= Beginning of Section =

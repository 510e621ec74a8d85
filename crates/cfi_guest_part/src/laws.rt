//! That what has run is a valid part.

ghost use Rattle.cfi_guest_part.specs.Laws.{RunsMakeParts};

/// A guest that has run over the history of a course, and has stopped, has a valid part, and shows the policy machine.
pub fn runs_make_parts()
    ensures { RunsMakeParts }
{}
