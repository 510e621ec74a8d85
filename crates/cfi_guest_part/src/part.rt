//! What a report says of a guest.

ghost use Rattle.std.specs.Prelude.{◌≡◌, ◌<◌, [], ◌∷◌, ◌++◌, IfOk, OnOk};
ghost use Rattle.std.specs.List.{AllByRecursion};
ghost use Rattle.cfi_guest_part.specs.Part.{part_of, IsEntry, HasFields};

use cfi_report::GuestPart;
use cfi_unit::Log;
use cfi_values::{Bytes, Items, Text};
use rv_guest::Guest;
use std::alloc::{AllocError, Global};

// Adds an entry, whose numbers have 32 bits each.
#[tactic(auto, using(crate::proofs::PushLemmas::entries_push))]
fn add_entry(log: &mut Vec<Log>, entry: Log) -> Result<(), AllocError>
    requires fields { AllByRecursion IsEntry log.old.items }
    ensures same { OnOk result (log.new.items ≡ log.old.items ++ entry ∷ []) }
    ensures fields { OnOk result (AllByRecursion IsEntry log.new.items) }
{
    log.push(entry)?;
    Ok(())
}

// A log, entry by entry.
fn log_of(alloc: Global, log: &[Log]) -> Result<Vec<Log>, AllocError>
    ensures same { IfOk result (λ copy. copy.items ≡ log.now) }
    ensures fields { IfOk result (λ copy. AllByRecursion IsEntry copy.items) }
{
    let mut copy = Vec::with_capacity(alloc, log.len())?;
    for entry in log {
        add_entry(&mut copy, *entry)?;
    }
    Ok(copy)
}

// An output, byte by byte.
#[tactic(auto, using(crate::proofs::PushLemmas::bytes_push))]
fn out_of(alloc: Global, out: &[u8]) -> Result<Vec<u8>, AllocError>
    ensures same { IfOk result (λ copy. copy.items ≡ out.now) }
    ensures fields { IfOk result (λ copy. AllByRecursion (λ byte. byte < 256) copy.items) }
{
    let mut copy = Vec::new(alloc);
    for byte in out {
        copy.push(*byte)?;
    }
    Ok(copy)
}

/// What a report says of a guest of this number and this entry.
pub fn part_of(
    alloc: Global,
    number: u32,
    entry: &str,
    guest: &Guest,
) -> Result<GuestPart, AllocError>
    ensures says { IfOk result (λ part. part ≡ part_of number entry.now guest.now) }
    ensures fields { IfOk result HasFields }
{
    Ok(GuestPart {
        number,
        entry: Text::from_string(String::from_str(alloc, entry)?),
        log: Items::from_vec(log_of(alloc, guest.log())?),
        out: Bytes::from_vec(out_of(alloc, guest.output())?),
        stop: guest.stop(),
        units: guest.units(),
        steps: guest.steps(),
    })
}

= End of Section =

Problem to solve:
In the entries above, find the line with "fn add_entry(log: &mut" and the line with "byte by byte.", then restate word for word both of them and every line between, with nothing more.

Written answer:
fn add_entry(log: &mut Vec<Log>, entry: Log) -> Result<(), AllocError>
    requires fields { AllByRecursion IsEntry log.old.items }
    ensures same { OnOk result (log.new.items ≡ log.old.items ++ entry ∷ []) }
    ensures fields { OnOk result (AllByRecursion IsEntry log.new.items) }
{
    log.push(entry)?;
    Ok(())
}

// A log, entry by entry.
fn log_of(alloc: Global, log: &[Log]) -> Result<Vec<Log>, AllocError>
    ensures same { IfOk result (λ copy. copy.items ≡ log.now) }
    ensures fields { IfOk result (λ copy. AllByRecursion IsEntry copy.items) }
{
    let mut copy = Vec::with_capacity(alloc, log.len())?;
    for entry in log {
        add_entry(&mut copy, *entry)?;
    }
    Ok(copy)
}

// An output, byte by byte.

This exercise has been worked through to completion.